WALLIS

Description

JOHANNIS WALLIS OPERA MATHEMATICA, Oxoniae, e Theatro Sheldonianio, 1695

4 parts in 3 volumes, 2º (320 x 202mm). Half-titles for each work, two different frontispiece author’s portraits in vols I and III, engraved Sheldonian device on main titles, numerous woodcut and engraved illustrations, mainly geometrical, astronomical and of machinery, including one full-page and 2 folding, a few printed music sheets, some Arabic, Hebrew and Greek types.  wide margins.

Comprehensive and accurate edition of the writings of John Wallis, Saville professor at Oxford and early member of the Royal Society.
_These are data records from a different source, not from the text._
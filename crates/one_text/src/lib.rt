//! That an edge list has one graph in a form, and that whatever a job is to write on an input has one text. There are laws
//! alone here.
#![tactic(auto)]

mod laws;

pub use laws::{every_ending_has_one_text, every_input_has_one_text};
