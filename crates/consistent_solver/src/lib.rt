//! The answer of a locally correcting program, on one thread: the greatest consistent list.
//!
//! There is exactly one such list. Every consistent list is at most the start values in core values, and stays at most a
//! list that is renewed. So renewals step down from the start values to the answer, in whatever order they come.
#![tactic(auto)]

mod following;
mod laws;
mod solve;
mod sweeps;
mod waiting;

pub use laws::{
    consistent_lists_stay_below, greatest_consistent_list, greatest_core_list,
    locally_correcting_form, renewals_step_down,
};
pub use solve::solve_consistent;
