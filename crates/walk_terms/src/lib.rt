//! Walks through rows of reads and what values become along them: the definitions, and the lemmas that several crates cite.
#![tactic(auto)]
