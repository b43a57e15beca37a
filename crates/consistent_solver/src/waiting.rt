//! The vertices whose readers have yet to be told of their newest value.
ghost use Rattle.std.specs.Prelude.{◌≡◌, ◌+◌, ◌<◌, ◌≤◌, ◌^◌, [], IfOk, IfSome, MatchOption, OnOk, false, length, slice_set, true};
ghost use Rattle.consistent_solver.specs.Sweeps.{IsWaitingList};

use px_base::{Memory, Pos};
use std::alloc::Global;
use std::collections::VecDeque;

/// Vertices in a queue, first in and first out, with a mark at each that waits in it. So none waits twice. It takes 5 bytes
/// for each vertex of the graph.
#[derive(Drop)]
pub struct Waiting {
    /// The vertices that wait, the one that came first in front.
    pub queue: VecDeque<Pos>,
    /// Of each vertex, whether it waits.
    pub marks: Vec<bool>,
}

impl Waiting {
    /// The vertices with a mark wait, in rising order.
    pub fn of(alloc: Global, marks: Vec<bool>) -> Result<Waiting, Memory>
        requires { length marks.items < 2 ^ 32 }
        ensures list { IfOk result (λ waiting. IsWaitingList (length marks.items) waiting) }
        ensures marks { IfOk result (λ waiting. waiting.marks.items ≡ marks.items) }
    {
        let mut queue = VecDeque::with_capacity(alloc, marks.len())?;
        for (v, marked) in marks.iter().enumerate() {
            if *marked {
                queue.push_back(v as Pos)?;
            }
        }
        Ok(Waiting { queue, marks })
    }

    /// The vertex waits, last if it didn't wait yet.
    pub fn put(&mut self, v: Pos) -> Result<(), Memory>
        requires list { IsWaitingList (length self.old.marks.items) self.old }
        requires v { v < length self.old.marks.items }
        ensures list { OnOk result (IsWaitingList (length self.old.marks.items) self.new) }
        ensures marks { OnOk result (self.new.marks.items ≡ slice_set self.old.marks.items v true) }
        ensures longer { OnOk result (length self.new.queue.items ≤ length self.old.queue.items + 1) }
    {
        if !self.marks[v as usize] {
            self.marks[v as usize] = true;
            self.queue.push_back(v)?;
        }
        Ok(())
    }

    /// Takes the vertex that waits first.
    pub fn take(&mut self) -> Option<Pos>
        requires list { IsWaitingList (length self.old.marks.items) self.old }
        ensures list { IsWaitingList (length self.old.marks.items) self.new }
        ensures none { MatchOption result (self.old.queue.items ≡ []) (λ v. v < length self.old.marks.items) }
        ensures marks { IfSome result (λ v. self.new.marks.items ≡ slice_set self.old.marks.items v false) }
        ensures shorter { IfSome result (λ v. length self.new.queue.items + 1 ≡ length self.old.queue.items) }
    {
        match self.queue.pop_front() {
            Some(v) => {
                self.marks[v as usize] = false;
                Some(v)
            }
            None => None,
        }
    }
}
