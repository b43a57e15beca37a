//! The laws.
ghost use Rattle.std.specs.Prelude.{◌≡◌, ◌≢◌, ℕ, Bool, List, None};
ghost use Rattle.hub_terms.specs.declared.tasks.Limits.{Limits as LimitsData};
ghost use Rattle.hub_terms.specs.declared.stops.Why.TheVariants as why;
ghost use Rattle.hub_terms.specs.Jobs.{Job};
ghost use Rattle.hub_terms.specs.Hubs.{turn_of, stop};
ghost use Rattle.hub_terms.specs.Systems.{SystemState, Event, give, MayCome, state_after, opening_system};
ghost use Rattle.hub_terms.specs.InStep.{IsInStep};
ghost use Rattle.round_laws.specs.Rounds.{AllLive, RoundsAreNear};
ghost use Rattle.round_laws.specs.OnTime.{IsTimed, AllowsEnough, IsOnTime, AreSpent, StopsOnlySpent};

/// Whatever lag is allowed, live workers stand near to each other: with lag 0 none begins a round before all other live ones have
/// ended the round before.
pub fn rounds_stay_near()
    ensures opens { (cuts : List ℕ) (limits : LimitsData) (told : Bool) (job : Job) → RoundsAreNear (opening_system cuts limits told job).hub }
    ensures keeps { (s : SystemState) (e : Event) → IsInStep s → RoundsAreNear s.hub → MayCome s e → RoundsAreNear (state_after s e).hub }
{}

/// Of a timed state that is on time no turn tells a worker that the rounds are spent, where enough are allowed.
pub fn budget_is_never_told()
    ensures { (s : SystemState) (i : ℕ) → IsInStep s → IsOnTime s → IsTimed s → AllowsEnough s → turn_of s.hub i ≢ stop why.Budget }
{}

/// Whatever lag and however many rounds are allowed, a run is stopped for want of rounds only where they were spent: each world has
/// then made its last Step in the last round. The first turn that tells so comes while all workers are live.
pub fn budget_shows()
    ensures opens { (cuts : List ℕ) (limits : LimitsData) (told : Bool) (job : Job) → StopsOnlySpent (opening_system cuts limits told job) }
    ensures keeps { (s : SystemState) (e : Event) → IsInStep s → StopsOnlySpent s → MayCome s e → StopsOnlySpent (state_after s e) }
    ensures told { (s : SystemState) (i : ℕ) → IsInStep s → StopsOnlySpent s → MayCome s (give i) → turn_of s.hub i ≡ stop why.Budget → AreSpent (state_after s (give i)) }
    ensures all_live { (s : SystemState) (i : ℕ) → IsInStep s → s.hub.halt ≡ None → turn_of s.hub i ≡ stop why.Budget → AllLive s.hub }
{}
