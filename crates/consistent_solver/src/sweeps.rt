//! Sweeps over all vertices, which lower each value to the least of what its vertex reads.
ghost use Rattle.std.specs.Prelude.{◌≡◌, ◌<◌, All, IsFalse, length};
ghost use Rattle.px_base.specs.Values.{IsValue, IsValueList, IsWeight};
ghost use Rattle.px_base.specs.Classes.{is_mex};
ghost use Rattle.px_base.specs.Graphs.{RowsFit};
ghost use Rattle.px_base.specs.Rules.{least};
ghost use Rattle.consistent_solver.specs.Sweeps.{AreTold, core_edge_values, IsSwept};

use px_base::{CoreProgram, Row, Rows, Value};
use value_laws::EdgeRule;

/// How many sweeps are made at most. The table of readers costs as much as several sweeps over a graph without order.
const SWEEPS: usize = 12;

/// The least of the vertex's own value and of all that it reads.
fn lowered(core: &CoreProgram, values: &[Value], own: Value, row: &Row<'_>) -> Value
    requires sources { All (λ r. r.source < length values.now) row.now }
    requires weights { All (λ r. IsWeight r.weight) row.now }
    requires values { All IsValue values.now }
    ensures { result ≡ least own (core_edge_values core.now values.now row.now) }
{
    let mut best = own;
    for k in 0..row.len() {
        let read = row.read(k);
        best = best.min(core.value(values[read.source as usize], read.weight));
    }
    best
}

/// One sweep: each vertex in rising order takes the least of its own value and of all that it reads, from the newest values.
/// Marks those whose value fell, and says whether there are any.
fn sweep(core: &CoreProgram, rows: &Rows, values: &mut [Value], fell: &mut [bool]) -> bool
    requires rows { RowsFit (length rows.now) rows.now }
    requires values { IsValueList (length rows.now) values.old }
    requires marks { length fell.old ≡ length rows.now }
    requires fold { IsFalse (is_mex core.now.program.fold) }
    ensures { IsSwept core.now rows.now (length rows.now) values.old values.new fell.new result }
{
    let mut changed = false;
    for v in 0..rows.row_count() {
        let own = values[v];
        let least = lowered(core, values, own, &rows.row(v));
        if least < own {
            values[v] = least;
            fell[v] = true;
            changed = true;
        } else {
            fell[v] = false;
        }
    }
    changed
}

/// Sweeps until a sweep changes nothing, or until there were enough of them. Marks those whose value fell in the last one, and
/// says whether there are any.
pub fn sweep_some(core: &CoreProgram, rows: &Rows, values: &mut [Value], fell: &mut [bool]) -> bool
    requires rows { RowsFit (length rows.now) rows.now }
    requires values { IsValueList (length rows.now) values.old }
    requires marks { length fell.old ≡ length rows.now }
    requires told { AreTold core.now rows.now fell.old values.old }
    requires fold { IsFalse (is_mex core.now.program.fold) }
    ensures { IsSwept core.now rows.now (length rows.now) values.old values.new fell.new result }
{
    for _turn in 0..SWEEPS {
        if !sweep(core, rows, values, fell) {
            return false;
        }
    }
    true
}
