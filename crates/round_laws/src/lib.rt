//! Laws of rounds: live workers stay near to each other, and the rounds that are spent show.
#![tactic(auto)]

mod laws;

pub use laws::{budget_is_never_told, budget_shows, rounds_stay_near};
Wallis is credited with the invention of the number line as well as the symbol of infinity and, partially, with the discovery of infinitesimal numbers. He also contributed significantly to the progress of cryptography, calculus, algebra, geometry, trigonometry and physics. The opera includes his mathematical treatises and scholarly correspondence, along with some remarkable critical editions of Ancient Greek works on harmony, music and geometry, including those of Ptolemy, Porphyry and Archimedes, with English translation. Part IV in vol. III gathers Wallis’s essays on English and Latin grammar and some exegetical commentaries.

Babson 184 ; Brunet 1406 (‘collection rechercheé, et aujourd’hui assez rare’) ; ESTC R219938 ; Graesse VII 413 ; Wing W 596-597A.